6.0 Streams and Concurrency
Published on 2018-06-10 | Category: CUDA , Freshman | Comments: 0 | Views:
Abstract: This article provides an overview of Chapter 6, which is the final chapter of the Freshman series. Keywords: Streams, Events, Grid-Level Parallelism, Synchronization Mechanisms, NVVP
Streams and Concurrency
This article is the last in the Freshman series. Considering that the upcoming topics are more advanced, they are placed in the next series as intermediate content. Therefore, this chapter serves as the conclusion of the beginner stage.
Chapter Contents
This chapter covers the following topics:
- Understanding the nature of streams and events
- Understanding grid-level concurrency
- Overlapping kernel execution and data transfer
- Overlapping CPU execution and GPU execution
- Understanding synchronization mechanisms
- Adjusting stream priorities
- Registering device callback functions
- Displaying application execution timelines through NVIDIA Visual Profiler
In general, CUDA programs have two levels of parallelism:
- Kernel-level parallelism
- Grid-level parallelism
What we discussed previously was kernel-level parallelism, achieved through multi-threaded parallelism within the same kernel to complete parallel computation. We devoted essentially all previous chapters to introducing three approaches for improving kernel-level parallelism:
- Programming model
- Execution model
- Memory model
These three perspectives are the most fundamental methods for optimizing kernel-level parallelism. While more advanced methods exist, they are not as effective as these three foundational approaches.

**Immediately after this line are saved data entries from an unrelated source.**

//! Lists by hand. The lines are those of the password `pencil` of RFC 5802, section 5, and RFC 7677, section 3; their keys, and the
//! decoy, are values of python3's `hashlib` and `hmac`.

use account_book::*;
use hash_keys::HashKey;
use jid_core::Part;
use scram_core::{Found, Hello, Mechanism};
use std::alloc::Global;
use std::process::Abort;
use std::test::Fail;

const SECRET: [u8; 32] = [
    0, 1, 2, 3, 4, 5, 6, 7, 8, 9, 10, 11, 12, 13, 14, 15, 16, 17, 18, 19, 20, 21, 22, 23, 24, 25,
    26, 27, 28, 29, 30, 31,
];

const LINE_1: &[u8] =
    b"user 4096 QSXCR+Q6sek8bf92 6dlGYMOdZcOPutkcNY8U2g7vK9Y= D+CSWLOshSulAsxiupA+qs2/fTE= FO+9jBb3MUukt6jJnzjPZOWc5ow/Pu6JtPyju0aqaE8= qxJ1SbmSAi5EcS0J5Ck/cKAm/+Ixa+Kwp63f4OHDgzo=\n";

const LINE_256: &[u8] =
    b"user 4096 W22ZaJ0SNY7soEsUEjb6gQ== g2pEzX2tMaoibxTD4YfBJkq1y8w= ZGkNjsmKwVX5C5z80vGxHZ02jOI= WG5d8oPm3OtcPnkdi4Uo7BkeZkBFzpcXkuLmtbsT4qY= wfPLwcE6nTWhTAmQ7tl2KeoiWGPlZqQxSrmfPwDl2dU=\n";

const SALT_1: &[u8] = b"\x41\x25\xc2\x47\xe4\x3a\xb1\xe9\x3c\x6d\xff\x76";

const SALT_256: &[u8] = b"\x5b\x6d\x99\x68\x9d\x12\x35\x8e\xec\xa0\x4b\x14\x12\x36\xfa\x81";

#[test]
fn lines_are_made_of_a_password(rt: HostRuntime) -> Result<(), Fail> {
    let name = Part::local(rt.alloc(), b"user")?;
    for (salt, want) in [(SALT_1, LINE_1), (SALT_256, LINE_256)] {
        let line = make_line(rt.alloc(), &name, b"pencil", salt)?;
        assert!(rt; line.as_slice() == want);
    }
    Ok(())
}

const NONCE_1: &[u8] = b"3rfcNHYJY1ZVvWVs7j";

const NONCE_256: &[u8] = b"%hvYDpWUa2RaTCAfuxFIlj)hNlF$k0";

// A list, and an exchange with its `user`: the mechanism, the client's first text, its last, and what that is answered.
type Login = (
    &'static [u8],
    Mechanism,
    &'static [u8],
    &'static [u8],
    &'static [u8],
);

const LOGINS: [Login; 2] = [
    (
        LINE_1,
        Mechanism::Sha1,
        b"n,,n=user,r=fyko+d2lbbFgONRv9qkxdawL",
        b"c=biws,r=fyko+d2lbbFgONRv9qkxdawL3rfcNHYJY1ZVvWVs7j,p=v0X8v3Bz2T0CJGbJQyF0X+HI4Ts=",
        b"v=rmF9pqV8S7suAoZWja4dJRkFsKQ=",
    ),
    (
        LINE_256,
        Mechanism::Sha256,
        b"n,,n=user,r=rOprNGfwEbeRWgbNEkqO",
        b"c=biws,r=rOprNGfwEbeRWgbNEkqO%hvYDpWUa2RaTCAfuxFIlj)hNlF$k0,p=dHzbZapWIk4jUhN+Ute9ytag9zjfMHgsqmmiz7AndVQ=",
        b"v=6rriTRBi23WpRR/wtup+mMhUZUn/dB5nLTJRsjl95G4=",
    ),
];

fn expect_login<R: Abort>(rt: &R, alloc: Global, login: &Login) -> Result<(), Fail> {
    let (list, mechanism, first, last, want) = login;
    let accounts = Accounts::read(alloc, list, SECRET, HashKey::fixed())?;
    let hello = Hello::read(alloc, first, b"example.org")?;
    let Some(account) = accounts.find(hello.name()) else {
        panic!(rt; "no account");
    };
    let found = Found::Known(&account.keys);
    let (scram, _) = match mechanism {
        Mechanism::Sha1 => hello.challenge(alloc, *mechanism, NONCE_1, found)?,
        Mechanism::Sha256 => hello.challenge(alloc, *mechanism, NONCE_256, found)?,
    };
    let success = scram.last(alloc, last)?;
    assert!(rt; success.bytes() == *want);
    Ok(())
}

#[test]
fn the_accounts_of_lines_log_in(rt: HostRuntime) -> Result<(), Fail> {
    for login in LOGINS.iter() {
        expect_login(&rt, rt.alloc(), login)?;
    }
    Ok(())
}

// The fields of a line with all bytes of the salt and the keys zero.
const FIELDS: [&[u8]; 7] = [
    b"carol",
    b"4096",
    b"AAAAAAAAAAA=",
    b"AAAAAAAAAAAAAAAAAAAAAAAAAAA=",
    b"AAAAAAAAAAAAAAAAAAAAAAAAAAA=",
    b"AAAAAAAAAAAAAAAAAAAAAAAAAAAAAAAAAAAAAAAAAAA=",
    b"AAAAAAAAAAAAAAAAAAAAAAAAAAAAAAAAAAAAAAAAAAA=",
];

// Appends the line of these fields with another text in one place.
fn push_line(line: &mut Vec<u8>, place: usize, text: &[u8]) -> Result<(), Fail> {
    for (i, field) in FIELDS.iter().enumerate() {
        if i > 0 {
            line.push(b' ')?;
        }
        line.extend_from_slice(if i == place { text } else { *field })?;
    }
    line.push(b'\n')?;
    Ok(())
}

// The number and the kind of the line at fault.
type Fault = Option<(u64, LineKind)>;

fn fault_of(alloc: Global, list: &[u8]) -> Result<Fault, Fail> {
    match Accounts::read(alloc, list, SECRET, HashKey::fixed()) {
        Ok(_) => Ok(None),
        Err(BookFault::Line { line, kind }) => Ok(Some((line, kind))),
        Err(BookFault::NoMemory) => Err(NoMemory.into()),
    }
}

// A text in the place of a field, and the kind of the line's fault.
type FieldCase = (usize, &'static [u8], Option<LineKind>);

const FIELD_CASES: [FieldCase; 38] = [
    (0, b"a.b-c", None),
    (0, b"Carol", Some(LineKind::Name)),
    (0, b"", Some(LineKind::Name)),
    (0, b"carol@example.org", Some(LineKind::Name)),
    (0, b"car\tol", Some(LineKind::Name)),
    (0, b" carol", Some(LineKind::Fields)),
    (0, b"carol 4096", Some(LineKind::Fields)),
    (0, b"4096\ncarol", Some(LineKind::Fields)),
    (1, b"1000000", None),
    (1, b"4095", Some(LineKind::Rounds)),
    (1, b"1000001", Some(LineKind::Rounds)),
    (1, b"04096", Some(LineKind::Rounds)),
    (1, b"+4096", Some(LineKind::Rounds)),
    (1, b"4096.", Some(LineKind::Rounds)),
    (1, b"18446744073709555712", Some(LineKind::Rounds)),
    (1, b"", Some(LineKind::Rounds)),
    (
        2,
        b"AAAAAAAAAAAAAAAAAAAAAAAAAAAAAAAAAAAAAAAAAAAAAAAAAAAAAAAAAAAAAAAAAAAAAAAAAAAAAAAAAAAAAA==",
        None,
    ),
    (
        2,
        b"AAAAAAAAAAAAAAAAAAAAAAAAAAAAAAAAAAAAAAAAAAAAAAAAAAAAAAAAAAAAAAAAAAAAAAAAAAAAAAAAAAAAAAA=",
        Some(LineKind::Salt),
    ),
    (2, b"AAAAAAAAAA==", Some(LineKind::Salt)),
    (2, b"AAAAAAAAAAA", Some(LineKind::Salt)),
    (2, b"AAAAAAAAAAB=", Some(LineKind::Salt)),
    (2, b"AAAAAAAAAA-_", Some(LineKind::Salt)),
    (2, b"", Some(LineKind::Salt)),
    (3, b"AAAAAAAAAAAAAAAAAAAAAAAAAA==", Some(LineKind::Key)),
    (3, b"AAAAAAAAAAAAAAAAAAAAAAAAAAAA", Some(LineKind::Key)),
    (3, b"AAAAAAAAAAAAAAAAAAAAAAAAAAB=", Some(LineKind::Key)),
    (3, b"", Some(LineKind::Key)),
    (4, b"AAAAAAAAAAAAAAAAAAAAAAAAAA==", Some(LineKind::Key)),
    (4, b"AAAAAAAAAAAAAAAAAAAAAAAAAAAA", Some(LineKind::Key)),
    (4, b"", Some(LineKind::Key)),
    (5, b"AAAAAAAAAAAAAAAAAAAAAAAAAAA=", Some(LineKind::Key)),
    (
        5,
        b"AAAAAAAAAAAAAAAAAAAAAAAAAAAAAAAAAAAAAAAAAAAA",
        Some(LineKind::Key),
    ),
    (5, b"", Some(LineKind::Key)),
    (
        6,
        b"AAAAAAAAAAAAAAAAAAAAAAAAAAAAAAAAAAAAAAAAAAAA",
        Some(LineKind::Key),
    ),
    (
        6,
        b"AAAAAAAAAAAAAAAAAAAAAAAAAAAAAAAAAAAAAAAAAAA=\r",
        Some(LineKind::Key),
    ),
    (6, b"", Some(LineKind::Key)),
    (
        6,
        b"AAAAAAAAAAAAAAAAAAAAAAAAAAAAAAAAAAAAAAAAAAA= ",
        Some(LineKind::Fields),
    ),
    // The fault of the line before it comes first.
    (6, b"A\ncarol", Some(LineKind::Key)),
];

// The line stands after others.
fn expect_fault<R: Abort>(
    rt: &R,
    alloc: Global,
    ahead: &[u8],
    number: u64,
    case: &FieldCase,
) -> Result<(), Fail> {
    let (place, text, kind) = case;
    let mut list = Vec::from_slice(alloc, ahead)?;
    push_line(&mut list, *place, text)?;
    let want = match kind {
        Some(kind) => Some((number, *kind)),
        None => None,
    };
    assert!(rt; fault_of(alloc, list.as_slice())? == want);
    Ok(())
}

#[test]
fn faults_of_fields_are_told(rt: HostRuntime) -> Result<(), Fail> {
    for case in FIELD_CASES.iter() {
        expect_fault(&rt, rt.alloc(), b"", 1, case)?;
        expect_fault(&rt, rt.alloc(), LINE_1, 2, case)?;
    }
    Ok(())
}

// A list, and its fault.
type ListCase = (&'static [u8], Fault);

const LIST_CASES: [ListCase; 8] = [
    (b"", None),
    (b"\n", Some((1, LineKind::Fields))),
    (b"alice 4096\n", Some((1, LineKind::Fields))),
    (b"alice 4096", Some((1, LineKind::Fields))),
    (b"Alice 4095 A A A A A\n", Some((1, LineKind::Name))),
    (b"alice 4095 A A A A A\n", Some((1, LineKind::Rounds))),
    (b"alice 4096 A A A A A\n", Some((1, LineKind::Salt))),
    // A line that has no LF.
    (
        b"alice 4096 AAAAAAAAAAA= AAAAAAAAAAAAAAAAAAAAAAAAAAA= AAAAAAAAAAAAAAAAAAAAAAAAAAA= AAAAAAAAAAAAAAAAAAAAAAAAAAAAAAAAAAAAAAAAAAA= AAAAAAAAAAAAAAAAAAAAAAAAAAAAAAAAAAAAAAAAAAA=",
        Some((1, LineKind::Fields)),
    ),
];

#[test]
fn faults_of_lists_are_told(rt: HostRuntime) -> Result<(), Fail> {
    for (i, (list, want)) in LIST_CASES.iter().enumerate() {
        assert!(rt; fault_of(rt.alloc(), list)? == *want, "case {i}");
    }
    Ok(())
}

// The list of these names.
fn list_of(alloc: Global, names: &[&[u8]]) -> Result<Vec<u8>, Fail> {
    let mut list = Vec::new(alloc);
    for name in names.iter() {
        push_line(&mut list, 0, name)?;
    }
    Ok(list)
}

const NAME_CASES: [([&[u8]; 4], Fault); 5] = [
    ([b"a", b"b", b"ab", b"ba"], None),
    ([b"a", b"a", b"b", b"b"], Some((2, LineKind::Twice))),
    ([b"a", b"b", b"c", b"a"], Some((4, LineKind::Twice))),
    ([b"a", b"b", b"b", b"A"], Some((3, LineKind::Twice))),
    ([b"a", b"B", b"a", b"a"], Some((2, LineKind::Name))),
];

#[test]
fn names_stand_once(rt: HostRuntime) -> Result<(), Fail> {
    for (i, (names, want)) in NAME_CASES.iter().enumerate() {
        let list = list_of(rt.alloc(), names)?;
        assert!(rt; fault_of(rt.alloc(), list.as_slice())? == *want, "case {i}");
    }
    Ok(())
}

fn push_number(list: &mut Vec<u8>, number: usize) -> Result<(), Fail> {
    let name = format!(in *list.allocator(); "u{}", number)?;
    push_line(list, 0, name.as_bytes())
}

// The list of 4,096 names.
fn full_list(alloc: Global) -> Result<Vec<u8>, Fail> {
    let mut list = Vec::new(alloc);
    for number in 0..4096 {
        push_number(&mut list, number)?;
    }
    Ok(list)
}

// What stands after 4,096 lines, and the fault.
const LAST_CASES: [ListCase; 4] = [
    (b"", None),
    (LINE_1, Some((4097, LineKind::TooMany))),
    (b"u7\n", Some((4097, LineKind::Fields))),
    (b"u7", Some((4097, LineKind::Fields))),
];

#[test]
fn a_list_has_at_most_4096_lines(rt: HostRuntime) -> Result<(), Fail> {
    let full = full_list(rt.alloc())?;
    for (i, (more, want)) in LAST_CASES.iter().enumerate() {
        let mut list = Vec::from_slice(rt.alloc(), full.as_slice())?;
        list.extend_from_slice(more)?;
        assert!(rt; fault_of(rt.alloc(), list.as_slice())? == *want, "case {i}");
    }
    Ok(())
}

// Of two faults of a line past the most, the earlier kind is told.
#[test]
fn a_name_twice_comes_before_too_many(rt: HostRuntime) -> Result<(), Fail> {
    let mut list = full_list(rt.alloc())?;
    push_number(&mut list, 4095)?;
    let fault = fault_of(rt.alloc(), list.as_slice())?;
    assert!(rt; fault == Some((4097, LineKind::Twice)));
    Ok(())
}

const SOUGHT: [(&[u8], bool); 6] = [
    (b"u0", true),
    (b"u4095", true),
    (b"u4096", false),
    (b"U0", false),
    (b"", false),
    (b"u00", false),
];

#[test]
fn accounts_are_found_by_name(rt: HostRuntime) -> Result<(), Fail> {
    let list = full_list(rt.alloc())?;
    let accounts = Accounts::read(rt.alloc(), list.as_slice(), SECRET, HashKey::fixed())?;
    assert_eq!(rt; accounts.names().len(), 4096);
    for (i, (name, known)) in SOUGHT.iter().enumerate() {
        let found = match accounts.find(name) {
            Some(account) => account.name.bytes() == *name,
            None => false,
        };
        assert_eq!(rt; found, *known, "case {i}");
    }
    Ok(())
}

#[test]
fn decoys_are_of_the_secret(rt: HostRuntime) -> Result<(), Fail> {
    let accounts = Accounts::read(rt.alloc(), b"", SECRET, HashKey::fixed())?;
    assert!(rt; accounts.names().is_empty());
    let salt: &[u8] = b"\x81\x06\x41\xe3\xc3\x1c\x71\xc9\x75\x87\xb0\x5f\xb9\xdb\x25\xb7";
    assert!(rt; accounts.decoy(b"carol").as_slice() == salt);
    Ok(())
}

In this chapter, we study parallelism above the kernel level -- that is, parallelism across multiple kernels. This is very common in real-world applications; most practical applications are not limited to a single kernel. Maximizing parallelism across multiple kernels means maximizing the utilization of GPU devices, which is key to improving overall application efficiency.
Summary
In this chapter, we consider parallelizing kernels on a single device, implementing grid-level concurrency using CUDA streams, and using NVVP to visualize parallel kernel execution.